The problem: From the entries below, copy every line that has the word "struct".

═══ Data provided

//! The events of a stream of trace text.

ghost use Rattle.std.specs.Prelude.{◌≡◌, ◌+◌, ◌<◌, ◌^◌, ◌∷◌, [], length, option_to_list, IfOk, IfSome, IfNone, IsTrue, ◌↔◌, Ok};
ghost use Rattle.hg_wire.specs.Streams.{Takes, readings_in};

use crate::line::{
    AccessLine, HoldLine, LineFault, access_line_in_front, event_line_in_front, hold_line_in_front,
    read_line,
};
use crate::splitter::Splitter;
use hg_model::event::Event;
use std::alloc::{AllocError, Global};
use std::marker::Model;

/// A line that is neither empty nor a comment, and what it says.
#[derive(Clone, Copy, Debug, PartialEq, Eq, Drop)]
pub struct Reading {
    /// The line's number in its stream, from 1 on.
    pub line: u64,
    pub event: Result<Event, LineFault>,
}

/// What was taken of a piece.
#[derive(Clone, Copy, Debug, PartialEq, Eq, Drop)]
pub enum Taken {
    /// A line was read, and `used` bytes of the piece were taken.
    Line { reading: Reading, used: usize },
    /// All of the piece was taken, and it has no further line to read.
    More,
}

/// Reads the events of a stream of trace text, however it is cut into pieces (this project's profile).
/// Once it is made, a reader takes no memory.
#[derive(Drop)]
pub struct EventReader {
    splitter: Splitter,
}

impl Model for EventReader {
    ghost use Rattle.hg_wire.specs.Streams.{LinesRead};

    ghost Value = { LinesRead };

    ghost view = { λ r. r.splitter.so_far };
}

impl EventReader {
    ghost use Rattle.hg_wire.specs.Accesses.{GivesAccess};
    ghost use Rattle.hg_wire.specs.Holds.{GivesHold};
    ghost use Rattle.hg_wire.specs.Streams.{at_start, readings_from, GivesReading, Takes};

    /// A reader at the start of a stream.
    pub fn new(alloc: Global) -> Result<Self, AllocError>
        ensures { IfOk result (λ reader. reader ≡ at_start) }
    {
        Ok(EventReader {
            splitter: Splitter::new(alloc)?,
        })
    }

    /// Takes the next piece of the stream, up to and including its first line that is neither empty nor a comment.
    /// Further calls take the rest of the piece. The number of lines has to stay below 2^64.
    #[inline(always)]
    pub fn take(&mut self, piece: &[u8]) -> Taken
        requires { self.old.lines + length piece.now < 2 ^ 64 }
        ensures { Takes self.old self.new piece.now result }
    {
        if self.splitter.is_between_lines() {
            if let Some((event, used)) = event_line_in_front(piece) {
                self.splitter.count_line();
                let line = self.splitter.lines();
                let reading = Reading {
                    line,
                    event: Ok(event),
                };
                return Taken::Line { reading, used };
            }
        }
        take_by_lines(&mut self.splitter, piece)
    }

    /// Takes the next line of the stream, if it is a read or a write and stands whole at the front of the piece. `None`
    /// takes nothing, and says nothing of the piece: a piece of fewer than 42 bytes is not looked at.
    #[inline(always)]
    pub fn take_access(&mut self, piece: &[u8]) -> Option<AccessLine>
        requires { self.old.lines + length piece.now < 2 ^ 64 }
        ensures access { IfSome result (λ found. GivesAccess self.old self.new piece.now found) }
        ensures none { IfNone result (self.new ≡ self.old) }
    {
        if !self.splitter.is_between_lines() {
            return None;
        }
        let found = access_line_in_front(piece)?;
        self.splitter.count_line();
        Some(found)
    }

    /// Takes the next line of the stream, if it is an event on a lock and stands whole at the front of the piece. `None`
    /// takes nothing, and says nothing of the piece.
    #[inline(always)]
    pub fn take_hold(&mut self, piece: &[u8]) -> Option<HoldLine>
        requires { self.old.lines + length piece.now < 2 ^ 64 }
        ensures hold { IfSome result (λ found. GivesHold self.old self.new piece.now found) }
        ensures none { IfNone result (self.new ≡ self.old) }
    {
        if !self.splitter.is_between_lines() {
            return None;
        }
        let found = hold_line_in_front(piece)?;
        self.splitter.count_line();
        Some(found)
    }

    /// How many lines have ended.
    #[inline(always)]
    pub fn lines(&self) -> u64
        ensures { result ≡ self.now.lines }
    {
        self.splitter.lines()
    }

    /// Whether the stream stands at the beginning of a line.
    #[inline(always)]
    pub fn is_between_lines(&self) -> bool
        ensures { IsTrue result ↔ (self.now.begun ≡ []) }
    {
        self.splitter.is_between_lines()
    }

    /// Counts whole lines that were taken from the stream elsewhere, from the beginning of a line on.
    pub fn count_lines(&mut self, count: u64)
        requires { self.old.lines + count < 2 ^ 64 }
        ensures { self.new ≡ record { lines = self.old.lines + count; begun = self.old.begun } }
    {
        self.splitter.count_lines(count);
    }

    /// Goes back to the start of a stream, and keeps its memory.
    pub fn reset(&mut self)
        ensures { self.new ≡ at_start }
    {
        self.splitter.reset();
    }

    /// Ends the stream, and reads a last line that lacks its line feed, where it is neither empty nor a comment.
    pub fn finish(mut self) -> Option<Reading>
        requires { self.lines + 1 < 2 ^ 64 }
        ensures { readings_from self [] ≡ option_to_list result }
    {
        if self.splitter.finish() {
            reading_of_last(&self.splitter)
        } else {
            None
        }
    }
}

/// What the last line that has ended says, where it is neither empty nor a comment.
fn reading_of_last(splitter: &Splitter) -> Option<Reading>
    ensures { option_to_list result ≡ readings_in ((splitter.now.so_far.lines, splitter.now.last) ∷ []) }
{
    let line = splitter.lines();
    match splitter.last() {
        [] | [b'#', ..] => None,
        bytes => Some(Reading {
            line,
            event: read_line(bytes),
        }),
    }
}

/// Takes the next line as `EventReader::take` does, by the splitter: it holds a line that is cut, and skips those that say
/// nothing.
#[inline(never)]
fn take_by_lines(splitter: &mut Splitter, piece: &[u8]) -> Taken
    requires { splitter.old.so_far.lines + length piece.now < 2 ^ 64 }
    ensures { Takes splitter.old.so_far splitter.new.so_far piece.now result }
{
    let mut rest = piece;
    while let Some(used) = splitter.take(rest) {
        rest = &rest[used..];
        if let Some(reading) = reading_of_last(splitter) {
            let used = piece.len() - rest.len();
            return Taken::Line { reading, used };
        }
    }
    Taken::More
}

══════

Response below:
pub struct Reading {
pub struct EventReader {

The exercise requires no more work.